Another overlooked application for minnow-profile soft plastics is on slowdeath rigs, a substitution born out of necessity as Skarlis fished a 2004 artificials-only tournament in Chamberlain, South Dakota.

"Gulp! had just been introduced and most of us were still having a hard time leaving our minnow buckets at the dock. We were losing a ton of jigs, so we switched to bottom bouncers and PowerBait Power Minnows and the bite lit up. Further refining it, I now take an Aberdeen-style hook and bend it into a boomerang shape and slide on a PowerBait Twitchtail Minnow. Or I take a #2 or #4 Daiichi octopus hook and thread the same bait two-thirds of the way through the body and up onto the hook so the bait is shaped like a boomerang or banana. The key is when you put it in the water it should spin. The big thing here is you avoid the nuisance species and having to re-bait all the time."

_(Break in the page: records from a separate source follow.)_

//! A segment: bytes at the addresses from 0 up to a limit. The limit here is the number of bytes: an address
//! is inside if it is below the limit. In the 80386 manual the limit is the last address inside.
//!
//! The bytes are in pages of 4,096, each an allocation of its own: a large segment needs no large piece of memory, and
//! the segment of a dead process serves its slot's next one. An access inside one page, as nearly all are, is one
//! comparison with the limit, and a look at the page; one over two pages goes byte by byte. A contract sees a list of
//! bytes, and never a page.

ghost use Rattle.std.specs.Prelude.{◌≡◌, ◌+◌, ◌%◌, ◌^◌, ◌<◌, ◌≤◌, Ok, Err, OnOk, OnErr, IfOk, IfSome, [], length, slice_get, ℕ, slice_index, slice_set, replicate, take, drop};
ghost use Rattle.mx_word.specs.Word.{width, bytes_in, value_at};
ghost use Rattle.mx_mem.specs.Segment.{inside, read_at, with_value, bytes_after_write, bytes_after_copy, with_bytes_at, part, zero_page};

mod copies;
mod limit;
mod page;

pub use copies::PIECE;
use limit::Limit;
use mx_insn::ArrayVec;
use mx_word::{NoMemory, Size};
use page::{PAGE, Page, qword_at, value_in};
use std::alloc::Global;
use std::marker::Model;

/// The bytes of a MINIX message: its source, its type and seven words.
pub const MESSAGE_SIZE: usize = 36;

/// Why a segment refuses an access: some of its bytes aren't inside.
#[derive(Clone, Copy, Debug, PartialEq, Eq)]
pub struct OutOfLimit;

/// A segment of memory. Its limit never changes. It owns as many pages of 4,096 bytes as its limit needs:
/// `new` takes them all, and no other call takes memory.
#[derive(Drop)]
pub struct Segment {
    /// The bytes up to the limit, and then zeros up to the end of the last page.
    pages: Vec<Page>,
    limit: Limit,
}

impl Model for Segment {
    ghost use Rattle.std.specs.Prelude.{List, ℕ};
    ghost use Rattle.mx_mem.specs.Segment.{up_to, IsPaged};

    ghost Value = { List ℕ };

    ghost view = { λ s. up_to s.limit s.pages.items };

    ghost invariant = { λ s. IsPaged s.limit s.pages.items };
}

/// Makes this many pages of zeros. If there is no memory for one of them, gives back those before it and
/// answers `NoMemory`.
fn zero_pages(alloc: Global, count: usize) -> Result<Vec<Page>, NoMemory>
    ensures { IfOk result (λ pages. pages.items ≡ replicate count zero_page) }
{
    let mut pages = Vec::with_capacity(alloc, count)?;
    for _ in 0..count {
        let Ok(()) = pages.push(Page::zeros(alloc)?) else {
            return Err(NoMemory);
        };
    }
    Ok(pages)
}

/// How many of the `count` bytes from `at` on lie in the page of `at`: at least one. For example, if `at`
/// is 4,090 and `count` is 10, then 6.
fn piece(at: usize, count: usize) -> usize
    requires { 0 < count }
    ensures some { 0 < result }
    ensures most { result ≤ count }
    ensures page { at % 4096 + result ≤ 4096 }
{
    let room = PAGE - at % PAGE;
    if count < room { count } else { room }
}
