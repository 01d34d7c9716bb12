//! The vectors of the faults that an instruction can have (manual, 9.8).

/// The number of a fault, by which a processor finds its handler.
pub type Vector = u8;

/// A quotient is too large, or the divisor is 0.
pub const DIVIDE_ERROR: Vector = 0;
/// No row of the table of instructions has these bytes.
pub const INVALID_OPCODE: Vector = 6;
/// An access to the stack isn't inside the segment.
pub const STACK_FAULT: Vector = 12;
/// Any other access or jump isn't inside the segment, or the instruction isn't allowed.
pub const GENERAL_PROTECTION: Vector = 13;
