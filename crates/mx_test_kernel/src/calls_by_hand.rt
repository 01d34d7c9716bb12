//! Kernel calls worked by hand.

use crate::kernel_numbers::{
    ALL_BUT_GRANT, ALL_SENDS, ALL_TRAPS, DEVIO, EBADREQUEST, EBADSRCDST, ECALLDENIED, EDEADDST,
    EFAULT, EINVAL, ENOTREADY, EPERM, EXIT, GRANT, IRQCTL, KILL, NOTIFY_MESSAGE, OK, SETALARM,
    VIRCOPY, WHOIS,
};
use crate::tables::{Processes, has_words, table_of, word_at};
use mx_exec::Image;
use mx_ipc::{receive, send};
use mx_kcall::{After, call, raise, tick};
use mx_proc::{
    ANY, CLOCK, DeathCause, Endpoint, HARDWARE, Masks, Rules, SYSTEM, Slot, State, Table,
};
use mx_sched::{dequeue, pick};
use mx_word::{Register, Size};
use std::alloc::Global;
use std::process::Abort;
use std::test::Fail;

/// The mask of the kernel calls from TIMES to WHOIS.
const NO_EXIT: u32 = 0xFE;

/// The mask of the kernel calls from EXIT to WHOIS without VIRCOPY.
const NO_VIRCOPY: u32 = 0xDF;

/// An endpoint of no process, and the number that the specification gives it.
struct PseudoEndpoint {
    name: &'static str,
    endpoint: Endpoint,
    number: u32,
}

static PSEUDO_ENDPOINTS: &[PseudoEndpoint] = &[
    PseudoEndpoint {
        name: "ANY",
        endpoint: ANY,
        number: 0x7ACE,
    },
    PseudoEndpoint {
        name: "HARDWARE",
        endpoint: HARDWARE,
        number: 0xFFFF_FFFF,
    },
    PseudoEndpoint {
        name: "SYSTEM",
        endpoint: SYSTEM,
        number: 0xFFFF_FFFE,
    },
    PseudoEndpoint {
        name: "CLOCK",
        endpoint: CLOCK,
        number: 0xFFFF_FFFD,
    },
];

/// A kernel call of slot 0, and its reply. Slot 1 owns line 5 and has written a byte to the console,
/// slot 2 is on a processor, slot 3 is dead, and no slot 4 is used.
struct Request {
    name: &'static str,
    /// Which kernel calls slot 0 may make.
    mask: u32,
    /// The call's type, and then p0 to p4.
    words: [u32; 6],
    result: u32,
    /// p0 of the reply.
    answer: u32,
}

const REQUEST: Request = Request {
    name: "",
    mask: ALL_BUT_GRANT,
    words: [0; 6],
    result: OK,
    answer: 0,
};

/// A copy within one process. Its buffer is at 512, and the bytes 1 to 5 are at 100.
struct Copied {
    name: &'static str,
    from: u32,
    to: u32,
    count: u32,
    /// Where a number is read after the copy.
    place: u32,
    word: u32,
}
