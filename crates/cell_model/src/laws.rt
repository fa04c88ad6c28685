ghost use Rattle.std.specs.Prelude.{◌≡◌, List, Bool, length};
ghost use Rattle.std.specs.Prelude.{filter};
ghost use Rattle.cell_model.specs.Stacks.{Version};
ghost use Rattle.cell_model.specs.Locks.{Hold, Mode, ask};
ghost use Rattle.cell_model.specs.Sources.{first_aborted, is_among};
ghost use Rattle.cell_model.specs.Decisions.{Prepared, all_decided};
ghost use Rattle.cell_model.specs.Cells.{Cell, cell_learned};
ghost use Rattle.cell_model.specs.Laws.{AnswersExactly, StackFollows, LocksFollow, SourcesFollow, CommitsExactly, DecidesInOrder};
ghost use Rattle.cell_model.specs.Units.{UnitNo, oldest, UnitsAscend};

/// What a commit keeps and which version is the bottom then, what an abort takes off, and that strangers change nothing.
pub fn stacks_follow()
    ensures { (unit : UnitNo) (stack : List Version) → StackFollows unit stack }
{}

/// Each answer to a unit that asks for a lock comes exactly where it says.
pub fn asking_is_exact()
    ensures { (holds : List Hold) (unit : UnitNo) (mode : Mode) → AnswersExactly holds unit mode (ask holds unit mode) }
{}

/// A grant gives the unit that lock, a drop leaves it none, and the others keep theirs.
pub fn locks_follow()
    ensures { (holds : List Hold) (unit : UnitNo) (mode : Mode) → LocksFollow holds unit mode }
{}

/// Sources stay ascending, with the new one among them; the first aborted one is the oldest.
pub fn sources_are_a_set()
    ensures kept { (sources : List UnitNo) (source : UnitNo) → UnitsAscend sources → SourcesFollow sources source }
    ensures first { (sources aborted : List UnitNo) → UnitsAscend sources → first_aborted sources aborted ≡ oldest (filter (is_among aborted) sources) }
{}

/// A batch has one decision for each unit, made where those before it stand, and `Commit` exactly for the alive.
pub fn decisions_are_exact()
    ensures count { (dead : UnitNo → Bool) (batch : List Prepared) → length (all_decided dead batch) ≡ length batch }
    ensures commits { (dead : UnitNo → Bool) (p : Prepared) → CommitsExactly dead p }
    ensures in_order { (dead : UnitNo → Bool) (before : List Prepared) (p : Prepared) (later : List Prepared) → DecidesInOrder dead before p later }
{}

/// A decision that is learnt twice is learnt once.
pub fn learning_twice_is_once()
    ensures { (cell : Cell) (unit : UnitNo) (commits : Bool) → cell_learned (cell_learned cell unit commits) unit commits ≡ cell_learned cell unit commits }
{}
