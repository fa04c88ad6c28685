use base_types::{Mode, UnitNo};

/// A lock that a unit holds.
#[derive(Clone, Copy, Debug, PartialEq, Eq)]
pub struct Hold {
    pub unit: UnitNo,
    pub mode: Mode,
}

/// What the lock table answers to a unit that asks for a lock.
#[derive(Clone, Copy, Debug, PartialEq, Eq)]
pub enum Ask {
    /// Nobody conflicts, and the unit doesn't have it yet.
    Free,
    /// The unit holds that mode, or holds the grain alone.
    Held,
    /// All who conflict are younger. The oldest of them is named.
    MustWait { holder: UnitNo },
    /// One who conflicts is older. The oldest is named.
    MustDie { holder: UnitNo },
}

/// What a holder found on top of the stack when it first locked the grain: the unit `source` had written it.
#[derive(Clone, Copy, Debug, PartialEq, Eq)]
pub struct Reading {
    pub unit: UnitNo,
    pub source: UnitNo,
}
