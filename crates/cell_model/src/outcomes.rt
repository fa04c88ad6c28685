use base_types::{GrainId, List, UnitNo};

/// A unit of a batch, as it is decided: the lowest grain that it wrote whose file failed, and the sources
/// of its reads that were undecided then.
#[derive(Drop)]
pub struct Prepared {
    pub unit: UnitNo,
    pub failed: Option<GrainId>,
    pub deps: List<UnitNo>,
}

/// What becomes of a unit of a batch.
#[derive(Clone, Copy, Debug, PartialEq, Eq)]
pub enum Decision {
    Commit,
    /// The file of the grain, which the unit wrote, failed.
    Vote { grain: GrainId },
    /// The unit read what the unit `on` wrote, which is aborted or can't commit.
    Dependency { on: UnitNo },
}
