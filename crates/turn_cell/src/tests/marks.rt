// Numbers that were marked. To the laws it is the function that says how often each number was.
ghost use Rattle.std.specs.Prelude.{◌≡◌, ℕ, ◌+◌, ◌==◌, List, [], length, cond, count_by};

use crate::TurnObject;
use std::alloc::{AllocError, Global};
use std::marker::Model;

/// An object that keeps the numbers that are put.
#[derive(Drop)]
pub struct Marks {
    marked: Vec<u64>,
}

impl Model for Marks {
    ghost Value = { List ℕ };

    ghost view = { λ m. m.marked.items };
}

impl Marks {
    /// No numbers.
    pub fn new(alloc: Global) -> Marks
        ensures { result ≡ [] }
    {
        Marks {
            marked: Vec::new(alloc),
        }
    }

    /// How many it has.
    pub fn count(&self) -> usize
        ensures { result ≡ length self.now }
    {
        self.marked.len()
    }

    // How often the number was marked.
    fn times(&self, number: u64) -> usize
        ensures { result ≡ count_by (λ x. x == number) self.now }
    {
        self.marked.iter().filter(|x| **x == number).count()
    }
}

impl TurnObject for Marks {
    type Event = u64;

    type Reply = usize;

    type Question = u64;

    type Answer = usize;

    ghost State = { ℕ → ℕ };

    ghost state = { λ m n. count_by (λ x. x == n) m };

    ghost after = { λ s e n. s n + cond (e == n) 1 0 };

    ghost reply = { λ s e. s e + 1 };

    ghost answer = { λ s q. s q };

    ghost spares = { λ s e. ⊥ };

    ghost tells = { λ s q. Unit {0} };

    ghost some_object = { [] };

    fn step(&mut self, event: u64) -> Result<usize, (AllocError, u64)> {
        if self.marked.push(event).is_err() {
            return Err((AllocError, event));
        }
        Ok(self.times(event))
    }

    fn ask(&self, question: &u64) -> Result<usize, AllocError> {
        Ok(self.times(*question))
    }
}
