// A number, and the list of what was added to it.
ghost use Rattle.std.specs.Prelude.{◌≡◌, ℕ, ◌+◌, ◌%◌, ◌^◌, List, [], ◌∷◌, ◌++◌};

use crate::TurnObject;
use std::alloc::{AllocError, Global};
use std::marker::Model;

/// An object that adds up the numbers that are put, as long as it has room.
#[derive(Drop)]
pub struct Tally {
    number: u64,
    added: Vec<u64>,
    room: usize,
}

impl Model for Tally {
    ghost Value = { ℕ × List ℕ };

    ghost view = { λ t. (t.number, t.added.items) };
}

/// The event that adds this number.
#[derive(Drop, Clone, Copy, PartialEq)]
pub struct Add(pub u64);

impl Tally {
    // A tally at 0, which takes so many events.
    pub fn new(alloc: Global, room: usize) -> Tally
        ensures { result ≡ (0, []) }
    {
        Tally {
            number: 0,
            added: Vec::new(alloc),
            room,
        }
    }

    /// The sum.
    pub fn number(&self) -> u64
        ensures { result ≡ self.now.0 }
    {
        self.number
    }

    /// How many events it took.
    pub fn count(&self) -> usize {
        self.added.len()
    }
}

impl TurnObject for Tally {
    type Event = Add;

    type Reply = u64;

    type Question = ();

    type Answer = u64;

    ghost State = { ℕ × List ℕ };

    ghost state = { λ t. t };

    ghost after = { λ s e. ((s.0 + e.0) % 2 ^ 64, s.1 ++ e.0 ∷ []) };

    ghost reply = { λ s e. (s.0 + e.0) % 2 ^ 64 };

    ghost answer = { λ s q. s.0 };

    ghost spares = { λ s e. ⊥ };

    ghost tells = { λ s q. Unit {0} };

    ghost some_object = { (0, []) };

    fn step(&mut self, event: Add) -> Result<u64, (AllocError, Add)> {
        if self.added.len() >= self.room || self.added.push(event.0).is_err() {
            return Err((AllocError, event));
        }
        self.number = self.number.wrapping_add(event.0);
        Ok(self.number)
    }

    fn ask(&self, _question: &()) -> Result<u64, AllocError> {
        Ok(self.number)
    }
}
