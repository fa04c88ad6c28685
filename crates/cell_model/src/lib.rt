//! The words of one grain's cell, over plain lists: its stack of versions, its locks, the sources that a
//! unit depends on, and the decisions of a batch. The crates that keep these things say in these words
//! what each call does, and the core's model is built from them.
//!
//! There is no code here but types and laws: each public function has an empty body, and its contract is
//! what it is for.
#![tactic(auto)]

mod laws;
mod locks;
mod outcomes;

pub use laws::{
    asking_is_exact, decisions_are_exact, learning_twice_is_once, locks_follow, sources_are_a_set,
    stacks_follow,
};
pub use locks::{Ask, Hold, Reading};
pub use outcomes::{Decision, Prepared};
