// Threads that call one cell, each by a pass of its own.
ghost use Rattle.std.specs.Prelude.{⊤};
ghost use Rattle.std.specs.Thread.{IsSync};
ghost use Rattle.turn_cell.specs.Passes.{IsPassOf, pass_view};
ghost use Rattle.turn_cell.specs.PassContracts.{Continues, Gathers};

use super::tally::{Add, Tally};
use crate::{Pass, TurnCell, TurnObject};
use std::snapshot::Snapshot;
use std::sync::Wait;
use std::thread;
use std::thread::{Promise, Threads, join};

// Adds 1 so many times, and says whether each reply was above the one before.
pub fn add_ones<R: Wait>(
    rt: &R,
    cell: &TurnCell<Tally>,
    mut pass: Pass<Tally>,
    times: u64,
) -> (Pass<Tally>, bool)
    requires { IsPassOf cell.now pass }
    ensures own { IsPassOf cell.now result.0 }
    ensures carried { Continues (λ _. ⊤) (pass_view pass) (pass_view result.0) }
{
    let mut last = 0;
    for _ in 0..times {
        match cell.put(rt, &mut pass, Add(1)) {
            Ok(reply) if reply > last => last = reply,
            _ => return (pass, false),
        }
    }
    (pass, true)
}

// So many threads add, the calling one among them, and their passes come back into its own.
pub fn crowd<R: Threads + Wait + Sync>(
    rt: &R,
    cell: &TurnCell<Tally>,
    pass: Pass<Tally>,
    times: u64,
    threads: u32,
) -> (Pass<Tally>, bool)
    requires { IsPassOf cell.now pass }
    ensures own { IsPassOf cell.now result.0 }
    ensures carried { Gathers (λ _. ⊤) (pass_view pass) (pass_view result.0) }
{
    if threads <= 1 {
        return add_ones(rt, cell, pass, times);
    }
    let fewer = threads - 1;
    let (pass, other) = cell.split(pass);
    let (other, mine) = join(
        rt,
        move || -> (Pass<Tally>, bool)
            requires { IsPassOf cell.now other }
            ensures own { IsPassOf cell.entry.now result.0 }
            ensures carried { Continues (λ _. ⊤) (pass_view other) (pass_view result.0) }
        { add_ones(rt, cell, other, times) },
        move || -> (Pass<Tally>, bool)
            requires { IsSync R.row × IsPassOf cell.now pass }
            ensures own { IsPassOf cell.entry.now result.0 }
            ensures carried { Gathers (λ _. ⊤) (pass_view pass) (pass_view result.0) }
        { crowd(rt, cell, pass, times, fewer) },
    );
    (cell.join(mine.0, other.0), mine.1 && other.1)
}

// The pass that a thread took comes back.
#[derive(Drop)]
pub struct ComesBack {
    was: Snapshot<Pass<Tally>>,
}

impl Promise<(Pass<Tally>, bool)> for ComesBack {
    ghost kept_by = { λ p r. IsPassOf p.was.value.table_id r.0 × Continues (λ _. ⊤) (pass_view p.was.value) (pass_view r.0) };
}

// A thread adds beside the calling one. Where none can be started, its closure comes back and is called here.
pub fn beside<R: Threads + Wait + Sync>(
    rt: &R,
    cell: &TurnCell<Tally>,
    pass: Pass<Tally>,
    other: Pass<Tally>,
    times: u64,
) -> (Pass<Tally>, Pass<Tally>, bool)
    requires { IsPassOf cell.now pass × IsPassOf cell.now other }
    ensures own { IsPassOf cell.now result.0 × IsPassOf cell.now result.1 }
    ensures carried { Continues (λ _. ⊤) (pass_view pass) (pass_view result.0) × Continues (λ _. ⊤) (pass_view other) (pass_view result.1) }
{
    thread::scope(
        thread::scope_env(),
        rt,
        move |scope| -> (Pass<Tally>, Pass<Tally>, bool)
            requires { IsPassOf cell.now pass × IsPassOf cell.now other }
            ensures own { IsPassOf cell.entry.now result.0 × IsPassOf cell.entry.now result.1 }
            ensures carried { Continues (λ _. ⊤) (pass_view pass) (pass_view result.0) × Continues (λ _. ⊤) (pass_view other) (pass_view result.1) }
        {
            let promise = ComesBack {
                was: Snapshot::of(&other),
            };
            let job = move || -> (Pass<Tally>, bool)
                requires { IsPassOf cell.now other }
                ensures own { IsPassOf cell.entry.now result.0 }
                ensures carried { Continues (λ _. ⊤) (pass_view other) (pass_view result.0) }
            { add_ones(rt, cell, other, times) };
            match scope.spawn_with(promise, job) {
                Ok(handle) => {
                    let (pass, rose) = add_ones(rt, cell, pass, times);
                    let (other, other_rose) = handle.join(rt);
                    (pass, other, rose && other_rose)
                }
                Err(refused) => {
                    let (other, other_rose) = (refused.value)();
                    let (pass, rose) = add_ones(rt, cell, pass, times);
                    (pass, other, rose && other_rose)
                }
            }
        },
    )
}

fn may_share<C: Sync>(_cell: &C) {}

fn may_move<P: Send>(_pass: &P) {}

// Any cell may be shared, and its passes may move, where the object may move.
pub fn may_cross<T: TurnObject + Send>(cell: &TurnCell<T>, pass: &Pass<T>) {
    may_share(cell);
    may_move(cell);
    may_move(pass);
}
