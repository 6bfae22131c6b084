ghost use Rattle.turn_board.specs.History.{BoardHistory};
ghost use Rattle.turn_board.specs.Plays.{Adds, Counts, Gives, Tries};
ghost use Rattle.turn_board.specs.Views.{dealt, merged, next_view, opening_view, spent_view};

use crate::kept::Kept;
use crate::view::View;
use atomic_table::{Join, Play, Split, TableRule};
use std::snapshot::Snapshot;

/// The rule of a board, which is told the opening state and the number of passes.
pub struct Order;

impl<S: Kept> TableRule<Option<S>, View<S::Entry>, (Snapshot<S>, u32)> for Order {
    ghost holds = { λ about s.
        BoardHistory (S.entries 0) S.maker S.label (S.label about.0.value) about.1 s };

    ghost first = { λ about. opening_view (S.label about.0.value) about.1 };
}

/// One load of the count.
pub struct Load;

impl<S: Kept> Play<Option<S>, View<S::Entry>> for Load {
    ghost then = { λ _. Counts (S.entries 0) S.maker S.label };
}

/// One try of the turn word.
pub struct Try;

impl<S: Kept> Play<Option<S>, View<S::Entry>> for Try {
    ghost then = { λ _. Tries (S.entries 0) S.maker S.label };
}

/// One entry joins the history.
pub struct Add;

impl<S: Kept> Play<Option<S>, View<S::Entry>> for Add {
    ghost then = { λ _ v _ w. Adds (S.entries 0) S.maker S.label v w };
}

/// The turn is given back.
pub struct Give;

impl<S: Kept> Play<Option<S>, View<S::Entry>> for Give {
    ghost then = { λ _ v _ w. Gives (S.entries 0) S.maker S.label v w };
}

/// A new pass gets the next number.
pub struct Deal;

impl<E> Split<View<E>> for Deal {
    ghost left = { dealt };

    ghost right = { next_view };
}

/// One pass is joined into another.
pub struct Merge;

impl<E> Join<View<E>> for Merge {
    ghost both = { merged };

    ghost spent = { spent_view };
}
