//! A counted history that threads share in turns. A board keeps one state, which stands for a list
//! of entries. Each of its passes knows how much of that list it has seen, whether it has the turn,
//! and what its tries of the turn and its loads of the count have found.
//!
//! A board has two words, the count of the entries and the turn, and one slot, the state's home. Its
//! rule (`BoardHistory`) holds between any two steps of any threads.
#![tactic(auto)]

// What a board hands out. A `Held` has no `Drop`, so it cannot be let go. A pass that is let go keeps
// its board from being closed.
//
// token    made by             ended by    so that no thread forgets to
// Pass     open                close       say at the end what it has seen
// Held     try_take, take      give        give the turn back, and the state with it
// Board    open                close       let the state out, once all passes are back

mod board;
mod closing;
mod fault;
mod held;
mod kept;
mod lent;
mod pass;
mod plays;
mod sharing;
mod turns;
mod view;

pub use board::Board;
pub use fault::{BoardFault, Busy};
pub use held::Held;
pub use kept::Kept;
pub use pass::Pass;
pub use view::{Past, View};
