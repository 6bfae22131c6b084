ghost use Rattle.std.specs.Prelude.{None, Some, ◌≡◌, ◌<◌, ◌≤◌, ◌+◌, ◌∷◌, [], true, false, length, IfOk, IfErr, OnErr};
ghost use Rattle.turn_board.specs.Passes.{Continues, Gives, IsBusy, IsOf, MayGive, Takes, state_of, view};
ghost use Rattle.turn_board.specs.Plays.{Adds, MayAdd};
ghost use Rattle.turn_board.specs.Views.{counted};

use crate::board::Board;
use crate::fault::Busy;
use crate::held::Held;
use crate::kept::Kept;
use crate::pass::Pass;
use crate::plays::{Add, Give, Load, Try};
use crate::view::View;
use atomic_table::Seat;
use std::sync::Wait;
use std::thread::yield_now;

impl<S: Kept> Board<S> {
    /// One load of the count word, which the view counts: how many entries the history had then. It
    /// is no less than the pass has seen, and with the turn it is just that.
    pub fn count(&self, pass: &mut Pass<S>) -> u64
        requires board { IsOf self.now pass.old }
        ensures later { Continues pass.old pass.new }
        ensures view { view pass.new ≡ counted (view pass.old) result }
        ensures within { length (view pass.old).seen ≤ result }
        ensures whole { (view pass.old).has_turn ≡ true → result ≡ length (view pass.old).seen }
    {
        self.table.shared.load::<Load>(&mut pass.seat, 0)
    }

    /// One try of the turn word: a compare and exchange of 0 with the pass's number plus 1. It does
    /// not wait. `Busy` comes where the word found was not 0: it is the number plus 1 of another
    /// pass, so that a board with one pass never answers it. With the turn comes the state, whose
    /// list begins with what the pass had seen, and is now seen.
    pub fn try_take(&self, pass: &mut Pass<S>) -> Result<Held<S>, Busy>
        requires board { IsOf self.now pass.old }
        requires idle { (view pass.old).has_turn ≡ false }
        ensures later { Continues pass.old pass.new }
        ensures busy { IfErr result (λ busy. IsBusy pass.old busy.by pass.new) }
        ensures shared { OnErr result (1 < (view pass.old).passes) }
        ensures ok { IfOk result (λ held. Takes self.now pass.old held pass.new) }
        ensures once { (view pass.new).tries ≡ (view pass.old).tries + 1 }
    {
        let seat = u64::from(pass.number) + 1;
        let found = self
            .table
            .shared
            .compare_exchange::<Try>(&mut pass.seat, 1, 0, seat);
        if found != 0 {
            return Err(Busy { by: found as u32 });
        }
        match self.table.shared.exchange(&mut pass.seat, 0, None) {
            Some(state) => {
                pass.seen_length = state.length();
                Ok(Held { state })
            }
            None => unreachable!(),
        }
    }

    /// Tries until it has the turn, and lets other threads run after each try that missed. Nothing
    /// says that it returns.
    pub fn take<R: Wait>(&self, rt: &R, pass: &mut Pass<S>) -> Held<S>
        requires board { IsOf self.now pass.old }
        requires idle { (view pass.old).has_turn ≡ false }
        ensures later { Continues pass.old pass.new }
        ensures ok { Takes self.now pass.old result pass.new }
    {
        for _ in rt.forever() {
            match self.try_take(pass) {
                Ok(held) => return held,
                Err(_) => yield_now(),
            }
        }
        unreachable!()
    }

    /// Gives the turn back, and the state with one entry more or none: an entry more is counted by
    /// one addition to the count word, before the turn is free.
    pub fn give(&self, pass: &mut Pass<S>, held: Held<S>)
        requires board { IsOf self.now pass.old }
        requires turn { (view pass.old).has_turn ≡ true }
        requires label { S.label (state_of held) ≡ (view pass.old).label }
        requires entries { MayGive pass.old held }
        ensures later { Continues pass.old pass.new }
        ensures given { Gives pass.old held pass.new }
    {
        let Held { state } = held;
        let length = state.length();
        let grows = length > pass.seen_length;
        self.put_back(&mut pass.seat, state);
        self.add_entry(&mut pass.seat, grows);
        self.table.shared.store::<Give>(&mut pass.seat, 1, 0);
        pass.seen_length = length;
    }

    // The state goes back into the slot that the seat holds.
    fn put_back(&self, seat: &mut Seat<Option<S>, View<S::Entry>>, state: S)
        requires board { seat.old.table_id ≡ self.now.table.shared.table_id }
        requires hand { seat.old.me.1 ≡ (0, None) ∷ [] }
        ensures seat { (seat.new.table_id ≡ seat.old.table_id) × (seat.new.id ≡ seat.old.id) }
        ensures view { seat.new.me.0 ≡ seat.old.me.0 }
        ensures hand { seat.new.me.1 ≡ (0, Some state) ∷ [] }
    {
        let _ = self.table.shared.exchange(seat, 0, Some(state));
    }

    // The entry of the state in hand, if it has one more than was seen, joins the history.
    fn add_entry(&self, seat: &mut Seat<Option<S>, View<S::Entry>>, grows: bool)
        requires board { seat.old.table_id ≡ self.now.table.shared.table_id }
        requires turn { (seat.old.me.0.is_live ≡ true) × (seat.old.me.0.has_turn ≡ true) }
        requires hand { MayAdd (S.entries 0) S.maker S.label seat.old.me grows }
        ensures seat { (seat.new.table_id ≡ seat.old.table_id) × (seat.new.id ≡ seat.old.id) }
        ensures added { Adds (S.entries 0) S.maker S.label seat.old.me seat.new.me }
    {
        if grows {
            self.table.shared.fetch_add::<Add>(seat, 0, 1);
        }
    }
}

Similar story for Sprengel, who says minnow-profile softbaits out-fished live 'crawlers on slow-death rigs 10 to 1 at a recent tournament in Mobridge, South Dakota. "When the bite got slow, I tested live 'crawlers and missed a bunch of walleyes because they were tail-nipping. We boated every fish that hit the Twitchtail on the other rod because they'd eat the whole thing. The shape of a Twitchtail minnow is buoyant enough that you barely have to move it to get it to spin."

BREAKING FREE

Just as there are endless softbaits on tackle-shop shelves, there are countless ways to fish them. Most bring a dynamic alternative to passive meat soaking. Through experiments with bait profile, vibration, jigging cadence, and rigging, you become a puppeteer, dancing a deadbait to life.

Skarlis adapts a Ratt song lyric: "You have to wiggle and jiggle it to make the bite complete." Or, in some cases, don't wiggle or jiggle it at all. The payoff? Epic strikes and the satisfaction that you've outwitted a worthy adversary.

*Jim Edlund is an avid multispecies angler and freelance writer who's written for In-Fisherman publications for several years.